Earlier this week I attended the first URSSI workshop, held at UC Berkeley. URSSI stands for the US Research Software Sustainability Institute, and right now is in the formation phase. Much of the week was spent discussing what this institute could be, and how such an institute might operate. For me this speaks to a core gap I observed in the importance, and career opportunities for researchers that engage in the development of software that is primarily used in research.
The institute formation is already off to a fantastic start in my eyes, using a git repository to discuss ideas, and coordinate the first workshop. The main website for the project is also using Hugo (I use it for my blog too), and you can fork this repo, suggest changes and submit a pull request. There is a thread of openness and transparency to the way things are being conducted that I hope to see continue on into the final institute.
Growing Importance of Software
There was a time when software was not a big thing in most mainstream science, nor in most people’s lives. Lab notebooks were physical notebooks, with recorded values written down by hand, and even plotted on graph paper. This is no longer the case, the tools available to us in everyday life as well as science are becoming more sophisticated, capable of recording more, and requiring software to drive their operation. Even the experimental fields are now feeling this as sensors, data acquisition boards, and control equipment evolve the software must too.
Another thing that strikes me, and it is something that I remember being drilled into me as an open source developer, is that science is built upon shared facts, knowledge, and peer review. Many of the founders of open source referenced the founding principles of modern science as indications that open source was indeed the right way to do things. Indeed the Royal Society’s motto was “nullius in verba”, which roughly translated means to take nobody’s word for it - trust, but verify. Another key feature of science is that people don’t own/control facts, with new science building upon that which came before it.

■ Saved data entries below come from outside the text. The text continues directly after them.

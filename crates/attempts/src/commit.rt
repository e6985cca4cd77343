// Commitment: y of the counter, v_i = a_i y, and the high parts of v_1..v_k.
ghost use Rattle.std.specs.Prelude.{◌≡◌};
ghost use Rattle.whole.specs.Table.{joined};
ghost use Rattle.sampling.specs.Streams.{highs_of};
ghost use Rattle.records.specs.Layout.{polynomial};
ghost use Rattle.highs.specs.Highs.{Held};
ghost use Rattle.attempts.specs.Steps.{product_of};
ghost use Rattle.attempts.specs.Promises.{Committed};
ghost use Rattle.attempts.specs.Asks.{Multiplies, Absorbs, Commits};

use highs::Highs;
use sets::{Numbers, SEED_BYTES, Set};

// v_1..v_k in a row, v_i = a_i y modulo q: yr holds y modulo q.
fn products(set: Numbers, a: &[u32], yr: &[u32], v: &mut [u32])
    requires { Multiplies set a.now yr.now v.old }
    ensures { v.new ≡ joined set.k (product_of set a.now yr.now) }
{
    // By index: the contract of `chunks_exact_mut` does not say what v holds afterwards.
    let n = set.n;
    for i in 0..set.k {
        let start = n * i;
        let end = start + n;
        ring::product::multiply(&a[start..end], yr, set.q, &mut v[start..end]);
    }
}

// The high parts of v_1..v_k, i then coefficient, absorbed.
fn absorb_highs(set: Set, v: &[u32]) -> Highs
    requires { Absorbs set.numbers v.now }
    ensures { Held set.numbers (highs_of set.numbers (λ i. polynomial set.numbers.n i v.now)) result }
{
    let mut highs = highs::no_highs(set.numbers);
    for v_i in v.chunks_exact(set.numbers.n) {
        highs = highs::add_highs(set, highs, v_i);
    }
    highs
}

// What is made before c' is known: y of the counter, v_1..v_k, and the high parts of v_1..v_k, absorbed. yr takes y modulo q.
pub(crate) fn commit(
    set: Set,
    a: &[u32],
    rand: &[u8; SEED_BYTES],
    counter: u16,
    y: &mut [i32],
    yr: &mut [u32],
    v: &mut [u32],
) -> Highs
    requires { Commits set.numbers a.now y.old yr.old v.old }
    ensures { Committed set.numbers a.now rand.now counter y.new v.new result }
{
    sampling::drawn::draw_y(set.numbers, rand, counter, y);
    ring::sums::residues_of(y, set.numbers.q, yr);
    products(set.numbers, a, yr, v);
    absorb_highs(set, v)
}
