// a_1..a_k of the secret record's seed_a, in a row.
ghost use Rattle.std.specs.Prelude.{◌≡◌};
ghost use Rattle.sampling.specs.Streams.{all_a};
ghost use Rattle.records.specs.Secret.{secret_seed_a};
ghost use Rattle.attempts.specs.Asks.{DrawsRow, DrawsKey};

use sets::Numbers;

// a_1..a_k of seed_a.
fn draw_row(set: Numbers, seed_a: &[u8], a: &mut [u32])
    requires { DrawsRow set a.old }
    ensures { a.new ≡ all_a set seed_a.now }
{
    // By index: the contract of `chunks_exact_mut` does not say what a holds afterwards.
    let n = set.n;
    let mut stream = sampling::drawn::start_a(set, seed_a);
    for i in 0..set.k {
        stream = sampling::drawn::next_a(set, stream, &mut a[n * i..n * i + n]);
    }
}

// The same with the record's seed_a.
pub fn draw_key(set: Numbers, secret: &[u8], a: &mut [u32])
    requires { DrawsKey set secret.now a.old }
    ensures { a.new ≡ all_a set (secret_seed_a set secret.now) }
{
    let start = records::secret::seed_a_start(set);
    let end = records::secret::seed_y_start(set);
    draw_row(set, &secret[start..end], a);
}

I think one of the core needs in science right now is to wrangle with the new reality that computer software is quickly becoming (if it has not already become) more important than mathematics in science. I spent many hours on derivations of important theorems, and on how to make new derivations. This skill is important in science, but in modern studies I posit the equivalent is the development of code to further research. Another issue is in bringing the field forward, and avoiding constant reinvention.
I did not study for many years to use a blackbox code, and be told by a group, company, entity, whatever that I should trust them, they know this stuff really well. The heart of scientific research is in learning new things, going places no one has gone before. That means that as software’s importance increases we need to ensure that everyone has access to it with minimal restrictions. That means that software needs to be available to all, with the ability to modify it, and redistribute/publish those changes.
Licenses, Process, Nurture
I would go further, and say publicly funded research should be using permissive, open source licenses that encourage reuse, further development, and shared ownership of community codes. One point that became clear to me recently is that researchers need to be educated on licensing too, and realize that you should avoid modifying existing licenses at all costs. Adding new clauses, or changing the language means that what you have is no longer an open source license, unless the OSI approves your license. We already have a lot of licenses, inform any lawyers that get involved that we likely don’t need more, and if we do they should go to the effort of working with with OSI to get it approved as an open source license.
Assuming code gets this far, and too often it does not, and you have a real, OSI-approved open source license there is still much to be done. What version control system are you going to use, where are you going to host it, what continuous integration methods will you employ, code review, automated builds, packaging, issue tracking, mailing list, forum. How will you bring on board new developers, encourage community contributions, ideally grow the project beyond a single grant, group, and institution. How will you structure the repository, will you tag releases, etc? These are all things that the URSSI might help with.
From my undergraduate, postgraduate, postdoctoral and now professional career I have always been looking at how we can foster an ecosystem of open source code for scientific research. I still fully believe that if you publish papers without code and/or data used to arrive at those results you are basically just advertising possible results, not disseminating scientific research. This is one of the core issues that has led to the reproducibility crisis. There is a lot of powerful open source software developed by the wider community that can help once you have decided to follow this path, but even if everyone is on board this is tough right now.
The Blue Obelisk advocated for open source in chemistry, the SSI has been working in this area for a number of years in the UK, and have developed a new role in British academia - the research software engineer (RSE) role. There is also WSSSPE that has organized a number of workshops to discuss making software more sustainable for science. If RSEs had existed when I was figuring out what I should do it is a path I might have followed, and one I am very pleased to see opening up.